+++ Data in this exercise +++

// Which bindings provide a name (`make_provides_set`). The names that the patterns of an assign
// provide are listed once. An entry is 65536 times the place where a name starts, and the place where
// it ends; an entry 0 stands before those of each binding.
ghost use Rattle.std.specs.Prelude.{List, ◌≡◌, ◌+◌, ◌*◌, ◌≤◌, ◌<◌, length};
ghost use Rattle.records.specs.Records.{Binding};
ghost use Rattle.records.specs.Parts.{fields_part, pattern_part};
ghost use Rattle.ordering.specs.Listed.{AddsOne};
ghost use Rattle.ordering.specs.Provisions.{places, Provisions, Given, ListsNames};
ghost use Rattle.ordering.specs.Needs.{providers};
ghost use Rattle.ordering.specs.Words.{make_provides_set, pattern_provides, items};

use crate::PLACES;
use crate::listed::Listed;
use names::bytes::same;
use records::SexpView;
use records::past::name_view;
use records::sexps::sexp_view;

// The entries of the names that the bindings of an assign provide, and the bytes that they stand in.
#[derive(Clone, Copy, Drop)]
pub struct Provided<'a> {
    pub bytes: &'a [u8],
    pub entries: &'a [usize],
    pub ghost given: { Given bytes.now entries.now },
}

impl Provided<'_> {
    // The bindings that provide a name, as bits, the first binding's the lowest.
    pub fn providers(&self, name: &[u8]) -> u64
        ensures { (bs : List Binding) → Provisions self.now.bytes.now self.now.entries.now bs → result ≡ providers (items bs) name.now }
    {
        let mut bits = 0;
        let mut found = 0;
        for k in (0..self.entries.len()).rev() {
            let e = self.entries[k];
            let start = e / PLACES;
            let end = e % PLACES;
            if e == 0 {
                bits = 2 * bits + found;
                found = 0;
            } else if same(name, &self.bytes[start..end]) {
                found = 1;
            }
        }
        bits
    }
}

// Lists one name, by the places where it starts and ends, if there is room.
fn entry(entries: &mut Listed<usize>, start: usize, end: usize)
    requires { (start ≤ end) × (end < places) }
    ensures { AddsOne entries.old entries.new (places * start + end) }
{
    entries.push(PLACES * start + end);
}

// Lists what the S record at a place in the assign provides, and answers where the record ends.
fn sexp_names(a: &[u8], at: usize, entries: &mut Listed<usize>) -> usize
    requires { (0 < at) × (at ≤ length a.now) × (length a.now < places) }
    ensures { ListsNames fields_part make_provides_set a.now at entries.old entries.new result }
{
    match sexp_view(&a[at..]) {
        SexpView::Nil(end) => at + end,
        SexpView::Pair(head) => {
            let tail = sexp_names(a, at + head, entries);
            sexp_names(a, tail, entries)
        }
        SexpView::Integer(b) | SexpView::Text(b) | SexpView::Atom(b) => {
            let start = at + b.start;
            let end = at + b.end;
            entry(entries, start, end);
            end
        }
        SexpView::Unknown => a.len(),
    }
}

// Lists what the pattern at a place in the assign provides: 0 and a name, or 1 and an S record. Answers
// where the pattern ends.
pub fn pattern_names(a: &[u8], at: usize, entries: &mut Listed<usize>) -> usize
    requires { (at ≤ length a.now) × (length a.now < places) }
    ensures { ListsNames pattern_part pattern_provides a.now at entries.old entries.new result }
{
    if at >= a.len() {
        return at;
    }
    let next = at + 1;
    if a[at] == 0 {
        let v = name_view(&a[next..], 0);
        let start = next + v.start;
        let end = next + v.end;
        entry(entries, start, end);
        return end;
    }
    sexp_names(a, next, entries)
}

+++

* **Task brief**:
In the entries above, restate word for word the lines between the one holding "pub entries: &'a" and the one holding "(start ≤ end)", inclusive, and nothing besides.

* **Response area**:
    pub entries: &'a [usize],
    pub ghost given: { Given bytes.now entries.now },
}

impl Provided<'_> {
    // The bindings that provide a name, as bits, the first binding's the lowest.
    pub fn providers(&self, name: &[u8]) -> u64
        ensures { (bs : List Binding) → Provisions self.now.bytes.now self.now.entries.now bs → result ≡ providers (items bs) name.now }
    {
        let mut bits = 0;
        let mut found = 0;
        for k in (0..self.entries.len()).rev() {
            let e = self.entries[k];
            let start = e / PLACES;
            let end = e % PLACES;
            if e == 0 {
                bits = 2 * bits + found;
                found = 0;
            } else if same(name, &self.bytes[start..end]) {
                found = 1;
            }
        }
        bits
    }
}

// Lists one name, by the places where it starts and ends, if there is room.
fn entry(entries: &mut Listed<usize>, start: usize, end: usize)
    requires { (start ≤ end) × (end < places) }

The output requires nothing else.